─── SUPPLIED MATERIAL ───
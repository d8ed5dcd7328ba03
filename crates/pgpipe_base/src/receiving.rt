//! How much is received.

/// The most bytes that are received at once.
pub const PIECE: usize = 65_536;

/// The most calls of `receive` that one task makes: 2^40.
pub const MOST_RECEIVES: u64 = 1_099_511_627_776;
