//! Why a message was not written, or not read.

ghost use Rattle.std.specs.Prelude.{◌≡◌};
ghost use Rattle.pg_codec.specs.declared.fault.BodyFault.TheVariants.{Memory};
ghost use Rattle.pg_codec.specs.declared.fault.EncodeFault.TheVariants as encode;

use std::alloc::{AllocError, AllocFailed};
use thiserror::Error;

/// Why an encoder rejected a message: the first of these that holds. The buffer is then as it was. Which messages have no spelling follows from
/// "Message Formats".
#[derive(Clone, Copy, Debug, PartialEq, Eq, Error)]
pub enum EncodeFault {
    /// A String holds a zero byte, or the code of an error field is 0.
    #[error("E1 HasZero")]
    HasZero,
    /// A name of a startup packet's parameter is empty.
    #[error("E2 EmptyName")]
    EmptyName,
    /// A list with a 16-bit count has more than 65,535 elements.
    #[error("E3 TooMany")]
    TooMany,
    /// An AuthOther has the code 0, 3 or 5, which other messages have.
    #[error("E6 ReservedCode")]
    ReservedCode,
    /// The length field would pass 1,073,741,823, or 10,000 for a startup packet.
    #[error("E4 TooLong")]
    TooLong,
    /// The buffer could not grow.
    #[error("E5 Memory")]
    Memory,
}

impl From<AllocError> for EncodeFault {
    ghost from_gives = { λ _ e. e ≡ encode.Memory };

    fn from(_e: AllocError) -> EncodeFault {
        EncodeFault::Memory
    }
}

impl<T: Drop> From<AllocFailed<T>> for EncodeFault {
    ghost from_gives = { λ _ e. e ≡ encode.Memory };

    fn from(_e: AllocFailed<T>) -> EncodeFault {
        EncodeFault::Memory
    }
}

/// Why no message was made of a body.
#[derive(Clone, Copy, Debug, PartialEq, Eq)]
pub enum BodyFault {
    /// No message has this tag and this body.
    Bad,
    /// Memory ran out.
    Memory,
}

impl From<AllocError> for BodyFault {
    ghost from_gives = { λ _ e. e ≡ Memory };

    fn from(_e: AllocError) -> BodyFault {
        BodyFault::Memory
    }
}

impl<T: Drop> From<AllocFailed<T>> for BodyFault {
    ghost from_gives = { λ _ e. e ≡ Memory };

    fn from(_e: AllocFailed<T>) -> BodyFault {
        BodyFault::Memory
    }
}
───
- **REQUIRED WORK**
For the word "ReservedCode", count the lines of the data that contain it and state only that count.

- **TASK RESULT**
2